Things go wrong when the lower bits of all the keys are the same (or have only a few of the possible values) so taking the lower N bits gives the same effective hash code value. This is just the power-of-two version of the % 1000 example mentioned by @ch271828n.

@ch271828n mentions using a different hashCode. This is probably the best short-term solution. Use LinkedHashSet(hashCode: dispersedHashCode) with something like this:

int dispersedHashCode(e) { // untested!
  int hash = e.hashCode;
  // Odd number with 30%-50% of the bits set in an irregular pattern.
  hash *= 0x1736B4D29;
  hash += hash >>> 20;
  // maybe do it again to let bits higher that 20 influence the low bits.
  return hash;
}

Something like this would ideally be built into the core library hashed structures. This might take a long time since, realistically, a performance issue with a simple work-around will be likely be prioritized behind security bugs, incorrect behaviour bugs, performance issues with no work-around, and new features that enable customers to do things that are otherwise impossible to difficult to do.

A completely different approach would be to use an ordered Set like SplayTreeSet.

Upvotes: 5

ch271828n
ch271828n

Reputation: 17617

I am also considering hash collision problem.

int hash resulted in a lot of collisions? I tried to print out .hashCode for all ints and strings in the data set, and verified they are all unique.

Well, "all unique" does not mean "there is no collision". For a hash set, the number of bins are much less than the number of hashcode. For example, suppose you have a hash set with 1000 bins, and the mapping from hashCode to bin index is a simple bin index := hashCode % 1000, and suppose your data has hashCode like 0, 1000, 2000, 3000 etc. In this artificial case, your data has all unique hashCode, but they all fall into the first bin out of the 1000 bins. Huge collision!

A simple approach to debug whether it is the problem of hashcode: Re-run the program with LinkedHashSet(hashCode: (e) => some_other_hash_approach(e), equals: ...). By using such a new hash set, you can test on other hashCode generating functions. If some hashCode generating functions do not result in the same extremely slow speed, it is highly because of the original hashCode function which causes collision.

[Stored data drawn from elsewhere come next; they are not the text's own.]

// The text form of numbers: the numbers of a text, and numbers as lines of text.
#![tactic(auto)]

ghost use Rattle.std.specs.Prelude.{◌≡◌, ◌+◌, ◌*◌, ◌^◌, ◌≤◌, pos, neg_ℤ, length};
ghost use Rattle.text.specs.Read.{is_gap};
ghost use Rattle.text.specs.Written.{number_text, line_text, item_text};
ghost use Rattle.text.specs.Words.{grown_within, next_of, ending, Small, begun};
ghost use Rattle.text.specs.Placed.{Placed, ReadInto, Wrote};

// A word as far as it is read: nothing yet, a minus alone, the value of digits, that of digits after a minus, or no number.
#[derive(Clone, Copy)]
enum Word {
    Nothing,
    Minus,
    Natural(usize),
    Negative(usize),
    Broken,
}

// The largest number of 32 bits, and how far below 0 the least one is.
const MOST: usize = 2147483647;

const LEAST: usize = 2147483648;

// The numbers of a text go to the front of out; those behind them stay. Answers how many, or nothing for other text.
pub fn read_numbers(text: &[u8], out: &mut [i32]) -> Option<usize>
    requires { length text.now ≤ 2 * length out.old }
    ensures { ReadInto text.now out.old out.new result }
{
    let mut word = Word::Nothing;
    let mut n = 0;
    for byte in text {
        if is_gap(*byte) {
            n = finish(word, out, n)?;
            word = Word::Nothing;
        } else {
            word = next(word, *byte);
        }
    }
    finish(word, out, n)
}

// Whether a byte parts words.
fn is_gap(byte: u8) -> bool
    ensures { result ≡ is_gap byte }
{
    byte == b' ' || byte == b'\n'
}

// The number of a word that ends goes to place n; answers how many numbers there are now, or nothing for no number.
fn finish(word: Word, out: &mut [i32], n: usize) -> Option<usize>
    requires { (n + begun word ≤ length out.old) × Small word }
    ensures { Placed n (ending word) out.old out.new result }
{
    match word {
        Word::Nothing => Some(n),
        Word::Natural(value) => {
            out[n] = value as i32;
            Some(n + 1)
        }
        Word::Negative(value) => {
            out[n] = negative(value);
            Some(n + 1)
        }
        Word::Minus | Word::Broken => None,
    }
}

// The number that many below 0.
fn negative(size: usize) -> i32
    requires { size ≤ 2 ^ 31 }
    ensures { result ≡ neg_ℤ (pos size) }
{
    -(size as i64) as i32
}

// A word with one byte more.
fn next(word: Word, byte: u8) -> Word
    requires { Small word }
    ensures { result ≡ next_of word byte }
{
    match word {
        Word::Nothing if byte == b'-' => Word::Minus,
        Word::Nothing => grown(0, byte, MOST).map_or(Word::Broken, Word::Natural),
        Word::Minus => grown(0, byte, LEAST).map_or(Word::Broken, Word::Negative),
        Word::Natural(value) => grown(value, byte, MOST).map_or(Word::Broken, Word::Natural),
        Word::Negative(value) => grown(value, byte, LEAST).map_or(Word::Broken, Word::Negative),
        Word::Broken => Word::Broken,
    }
}

// A value with one digit more, if the byte is a digit and the value is within a limit.
fn grown(value: usize, byte: u8, limit: usize) -> Option<usize>
    requires { (value ≤ 2 ^ 31) × (limit ≤ 2 ^ 31) }
    ensures { result ≡ grown_within value byte limit }
{
    if !byte.is_ascii_digit() {
        return None;
    }
    let more = value * 10 + usize::from(byte - b'0');
    if more <= limit { Some(more) } else { None }
}

// A line of numbers, parted by spaces and ended by a newline, goes to a place of out; answers the place behind it.
pub fn write_line(line: &[i32], out: &mut [u8], at: usize) -> usize
    requires { at + 12 * length line.now + 1 ≤ length out.old }
    ensures { Wrote (12 * length line.now + 1) at (line_text line.now) out.old out.new result }
{
    let mut next = at;
    for (i, z) in line.iter().enumerate() {
        next = write_item(i, *z, out, next);
    }
    out[next] = b'\n';
    next + 1
}

// Number i of a line, after a space unless it is the first, goes to a place of out; answers the place behind it.
fn write_item(i: usize, z: i32, out: &mut [u8], at: usize) -> usize
    requires { at + 12 ≤ length out.old }
    ensures { Wrote 12 at (item_text i z) out.old out.new result }
{
    if i == 0 {
        return write_number(z, out, at);
    }
    out[at] = b' ';
    write_number(z, out, at + 1)
}

// The text of a number goes to a place of out; answers the place behind it.
pub fn write_number(z: i32, out: &mut [u8], at: usize) -> usize
    requires { at + 11 ≤ length out.old }
    ensures { Wrote 11 at (number_text z) out.old out.new result }
{
    let mut buffer = itoa::Buffer::new();
    let digits = buffer.format(z).as_bytes();
    let end = at + digits.len();
    out[at..end].copy_from_slice(digits);
    end
}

In addition, you can even use the same hashCode method for both the int and the String case. Then you guarantee that both cases have exactly the same collision behavior. Then it is easy to see whether collision is the cause, or is unrelated.

Another debug approach: Look at the C++ source code of LinkedHashSet, and see what algorithms it uses to assign data to bins. Then check whether collision as mentioned above happens or not.

A third debug method: Compile the pure-Dart program into an executable, and use profilers like perf to run it. Then you can see which code is hottest and consume most of the time. You may need debug symbols of Dart's native C++ code, which should be fetchable.